On April 5th, The Wayne Shorter Quartet along with Brad Mehldau for one night took over Massey Hall and reminded everyone that jazz is alive with Shorter as vibrant as ever and Mehldau taking an opportunity to quiet it down with a solo piano performance.
Glass panes line the top of the Hall giving it a church feel. Programs where being flipped through as Mehldau took the stage after an introduction from Jazz FM's Terry McElligot as a red spotlight shone down on Mehldau from above, and we knew we are were in for something special.
Mehldau may not have needed an introduction. Having been around since the early 1990s with a string of successful album most notably Introducing Brad Mehldau (Warner Brothers, 1995), he has become an up-and-coming fixture for the last ten years.
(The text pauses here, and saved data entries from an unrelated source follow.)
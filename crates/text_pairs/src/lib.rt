//! Two scripts in one text, for two sessions that carry each other's return packets. A line of the one word
//! `other` divides them. The language is a definition that computes, `pair_of`: the lines of both scripts as
//! `script_read` has them, with numbers that run on, or the first fault; then what is wrong with either script
//! as a whole, and with both together. The reader gives just that, in one pass over an input in pieces; a fault
//! stays, whatever follows. Nothing is run here. Begin with `read_pair`; `valid_law`: a text that says two
//! scripts says a pair.
#![tactic(auto)]

mod pair_fault_note;
mod pair_limits;
mod pair_reader;
mod pair_script_laws;
mod read_pair_pieces;
mod script_pair;

pub use pair_fault_note::stop_of_pair;
pub use pair_limits::limits_fault;
pub use pair_reader::is_division;
pub use pair_script_laws::{fault_law, valid_law};
pub use read_pair_pieces::read_pair;
pub use script_pair::{PairFault, ScriptPair};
Most people will point to a Bill Evans approach; Mehldau certainly came off the Evans mold that night. Head down, he played with pure emotion through his eight songs and some may have wanted to look to his left and right for Paul Motian and Scott LaFaro.
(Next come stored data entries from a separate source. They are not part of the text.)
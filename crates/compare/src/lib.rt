// Two engines compared (document 02, K3): two turns of a board are the same where the answers are, and the boards after
// them, field by field. That both engines make the same turn of any board and call is proofs/Engines.antt.
#![tactic(auto)]

ghost use Rattle.std.specs.Prelude.{◌≡◌};
ghost use Rattle.compare.specs.Same.{same_turn};

use board::Turn;

/// Whether two turns are the same: the answers, and the boards.
pub fn same(x: Turn, y: Turn) -> bool
    ensures { result ≡ same_turn x y }
{
    x == y
}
Taking a quick break for a drink, the audience applauded and received a "thanks" from Mehldau. Taking from Evans with some hints of Brubeck, Mehldau is on his way. He may be ten years on but that decade has been taken up with trio and solo recordings. No matter what setting Mehldau is in, everybody digs Brad Mehldau.
Short intermission. Brown rug added, anticipation built. The Wayne Shorter Quartet took the stage, opening with one song and thirteen to fifteen minutes of controlled improvisation. Sounding very close to Coltrane, Shorter and his quartet with Danilo Perez on piano, John Patitucci on bass and Brian Blade on drums, rolled out ninety minutes of what felt like one song, with Shorter going between tenor and soprano saxophone for brief bursts. Since leaving the influential Weather Report twenty years ago, Shorter has continued to release albums under his own name, notably the release of the live Beyond the Sound Barrier (Verve, 2005). Along with guest appearances Shorter has assembled an excellent quartet.
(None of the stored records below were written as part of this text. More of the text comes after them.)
impl SignatureBox {
    ghost use Rattle.std.specs.Option.{option_map_or};
    ghost use Rattle.minisign.specs.Records.{is_prehashed};

    /// Returns a box without comments. Does not allocate.
    pub fn from_bones(bones: SignatureBones) -> SignatureBox
        ensures { result ≡ record { signature = bones; comments = None } }
    {
        SignatureBox {
            signature: bones.signature,
            comments: None,
        }
    }

    /// Parses a signature text of four lines: `untrusted comment: ` and the untrusted comment; the base64
    /// of the 74 bytes of a signature; `trusted comment: ` and the trusted comment; the base64 of the
    /// comment signature, of any length. The second line, the fourth line and the trusted comment are
    /// trimmed of white space. The untrusted comment is kept as it is, and later lines are ignored.
    ///
    /// Errors come in this order: a missing line, the first one first; a different label of the first line;
    /// a second line that is not base64, or of fewer than 74 bytes; a different label of the third line; an
    /// algorithm other than `Ed` and `ED`; a fourth line that is not base64. An allocation may fail after
    /// the text was parsed.
    pub fn from_string(alloc: Global, text: &str) -> Result<SignatureBox>
        // The result is out of memory, or it depends only on the text: it is the signature box in the text,
        // as `specs/SignatureText` defines it, or the error of the first check that fails.
        ensures { IsValueOrNoMemory result (read_signature_box text.now) }
    {
        read_text(alloc, text)
    }

    /// Parses a signature text as `from_string` does, and takes ownership of it.
    pub fn try_from_string(alloc: Global, text: String) -> Result<SignatureBox>
        // The text is parsed, or rejected, as `SignatureBox::from_string` promises.
        ensures { IsValueOrNoMemory result (read_signature_box (string_bytes text)) }
    {
        read_text(alloc, text.as_str())
    }

    /// Parses the signature text in the file at `path`, as `from_string` does. The path is used as given.
    ///
    /// Errors come in this order: a file that cannot be opened or read, `ReadingFailed`; a file that is not
    /// UTF-8, `NotUtf8`; the errors of `from_string`. An allocation may fail at any time. The contract does
    /// not say that the text comes from the named file.
    pub fn from_file<F: Files>(files: &F, alloc: Global, path: &str) -> Result<SignatureBox>
        // On success, the result is what parsing some text gives. An error is out of memory, a file that
        // could not be opened or read, a file that is not UTF-8, or the error of parsing some text. The
        // contract does not say that the text comes from the named file.
        ensures { IsReadFromFile read_signature_box result }
    {
        let text = read_text_file(files, alloc, path)?;
        SignatureBox::from_string(alloc, text.as_str())
    }

    /// Returns the text of the box: the four lines that `from_string` parses, each ended by a line feed.
    /// The errors are a box that was made from a bare signature, and a failed allocation.
    ///
    /// Comments are written as they are. They are read back unchanged if the untrusted comment has no line
    /// feed and no carriage return at its end, and the trusted comment has no line feed and no white space
    /// at its ends. A carriage return at the end of the untrusted comment is dropped when the text is read.
    pub fn to_string(&self, alloc: Global) -> Result<String>
        // On success, the result is the text of this box in the form that `specs/SignatureText` defines.
        // The errors are a box made from a bare signature, which is always rejected, and out of memory.
        ensures text { MatchOption self.now.comments (result ≡ Err (Named SignatureBoxIncomplete))
            (λ c. MatchResult result (λ t. string_bytes t ≡ signature_text self.now.signature c)
            (λ e. e ≡ Named OutOfMemory)) }

        // On success, the text parses to this box if the untrusted comment has no line feed and no carriage
        // return at its end, and the trusted comment has no line feed and is trimmed.
        ensures reads_back { IfSome self.now.comments (λ c. AreReadBack c.untrusted c.trusted)
            → IfOk result (λ t. read_signature_box (string_bytes t) ≡ Ok self.now) }

        // On success, if neither comment has a line feed and the trusted comment is trimmed, the text
        // parses to this box, except that one carriage return at the end of the untrusted comment is
        // dropped.
        ensures reads { IfSome self.now.comments (λ c. AreOneLine c.untrusted c.trusted)
            → IfOk result (λ t. read_signature_box (string_bytes t) ≡ Ok (box_read_back self.now)) }
    {
        match &self.comments {
            Some(comments) => written(alloc, &self.signature, comments),
            None => Err(NamedFault::SignatureBoxIncomplete.into()),
        }
    }

    /// Returns the text of the box as `to_string` does, and consumes the box.
    pub fn into_string(self, alloc: Global) -> Result<String>
        // The text, the errors and what the text parses to are as `SignatureBox::to_string` promises.
        ensures text { MatchOption self.comments (result ≡ Err (Named SignatureBoxIncomplete))
            (λ c. MatchResult result (λ t. string_bytes t ≡ signature_text self.signature c)
            (λ e. e ≡ Named OutOfMemory)) }
        ensures reads_back { IfSome self.comments (λ c. AreReadBack c.untrusted c.trusted)
            → IfOk result (λ t. read_signature_box (string_bytes t) ≡ Ok self) }
        ensures reads { IfSome self.comments (λ c. AreOneLine c.untrusted c.trusted)
            → IfOk result (λ t. read_signature_box (string_bytes t) ≡ Ok (box_read_back self)) }
    {
        self.to_string(alloc)
    }

    /// Returns the bytes of the box's text, with the errors of `to_string`.
    pub fn to_bytes(&self, alloc: Global) -> Result<Vec<u8>>
        // On success, the bytes are those of the text that `SignatureBox::to_string` returns. The errors
        // are the same.
        ensures { MatchOption self.now.comments (result ≡ Err (Named SignatureBoxIncomplete))
            (λ c. MatchResult result (λ v. v.items ≡ signature_text self.now.signature c)
            (λ e. e ≡ Named OutOfMemory)) }
    {
        Ok(self.to_string(alloc)?.into_bytes())
    }

    /// Returns a copy of the box. The only error is `OutOfMemory`.
    pub fn try_clone(&self, alloc: Global) -> Result<SignatureBox>
        ensures copy_is_equal { IfOk result (λ b. b ≡ self.now) }
        ensures only_out_of_memory { IfErr result (λ e. e ≡ Named OutOfMemory) }
    {
        match &self.comments {
            Some(comments) => Ok(SignatureBox {
                signature: self.signature.clone()?,
                comments: Some(comments.try_clone(alloc)?),
            }),
            None => Ok(SignatureBox {
                signature: self.signature.clone()?,
                comments: None,
            }),
        }
    }

    /// Returns true if the signature is prehashed: it signs the digest of the data, not the data itself.
    pub fn is_prehashed(&self) -> bool
        ensures { result ≡ is_prehashed self.now.signature }
    {
        self.signature.sig_alg == SIGALG_PREHASHED
    }

    /// Returns the untrusted comment, which is not signed; it is empty for a bare signature. The only error
    /// is `OutOfMemory`.
    pub fn untrusted_comment(&self, alloc: Global) -> Result<String>
        // On success, the result is the untrusted comment, which is empty for a bare signature. The only
        // error is out of memory.
        ensures comment { IfOk result
            (λ t. string_bytes t ≡ option_map_or (λ c. c.untrusted) self.now.comments []) }
        ensures only_out_of_memory { IfErr result (λ e. e ≡ Named OutOfMemory) }
    {
        match &self.comments {
            Some(comments) => Ok(String::from_str(alloc, comments.untrusted_comment.as_str())?),
            None => Ok(String::new(alloc)),
        }
    }

    /// Returns the trusted comment, which is signed. The errors are a bare signature, which has none, and a
    /// failed allocation.
    pub fn trusted_comment(&self, alloc: Global) -> Result<String>
        // On success, the result is the trusted comment. A box without comments is always an error, and the
        // only other error is out of memory.
        ensures { MatchOption self.now.comments (result ≡ Err (Named TrustedCommentAbsent))
            (λ c. MatchResult result (λ t. string_bytes t ≡ c.trusted) (λ e. e ≡ Named OutOfMemory)) }
    {
        match &self.comments {
            Some(comments) => Ok(String::from_str(alloc, comments.trusted_comment.as_str())?),
            None => Err(NamedFault::TrustedCommentAbsent.into()),
        }
    }

    /// Returns the key ID of the key that signed, 8 bytes.
    pub fn keynum(&self) -> &[u8]
        ensures { result.now ≡ self.now.signature.keynum }
    {
        &self.signature.keynum[..]
    }
}

impl Comments {
    fn try_clone(&self, alloc: Global) -> Result<Comments>
        ensures copy_is_equal { IfOk result (λ c. c ≡ self.now) }
        ensures only_out_of_memory { IfErr result (λ e. e ≡ Named OutOfMemory) }
    {
        Ok(Comments {
            untrusted_comment: String::from_str(alloc, self.untrusted_comment.as_str())?,
            trusted_comment: String::from_str(alloc, self.trusted_comment.as_str())?,
            global_sig: Vec::from_slice(alloc, &self.global_sig)?,
        })
    }
}

// Returns the text of a signature with comments.
fn written(alloc: Global, signature: &Signature, comments: &Comments) -> Result<String>
    ensures text { IfOk result (λ t. string_bytes t ≡ signature_text signature.now comments.now) }
    ensures reads_back { AreReadBack comments.now.untrusted comments.now.trusted
        → IsKnownAlgorithm signature.now.algorithm → IfOk result (λ t. read_signature_box (string_bytes t)
        ≡ Ok (record { signature = signature.now; comments = Some comments.now })) }
    ensures reads { AreOneLine comments.now.untrusted comments.now.trusted
        → IsKnownAlgorithm signature.now.algorithm → IfOk result (λ t. read_signature_box (string_bytes t)
        ≡ Ok (record { signature = signature.now; comments = Some (comments_read_back comments.now) })) }
    ensures only_out_of_memory { IfErr result (λ e. e ≡ Named OutOfMemory) }
{
    let bytes = signature.to_bytes(alloc)?;
    let encoded = encode(alloc, &bytes)?;
    let global_sig = encode(alloc, &comments.global_sig)?;
    let text = format!(in alloc;
        "untrusted comment: {}\n{}\ntrusted comment: {}\n{}\n",
        comments.untrusted_comment, encoded, comments.trusted_comment, global_sig
    )?;
    Ok(text)
}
Brian Blade devastated the drums, Perez played in the background and held it all together, and Patitucci is, well, Patituccino more needs to be said. Ending just after 11:00 PM, the audience applauded and was obviously impressed. They had witnessed a magical night.
Shorter blew his horn and Mehldau painted us a picture, colored paned glass in our eyes, we could not see the stars in the night but for this night, the stars were in the Hall, shining bright.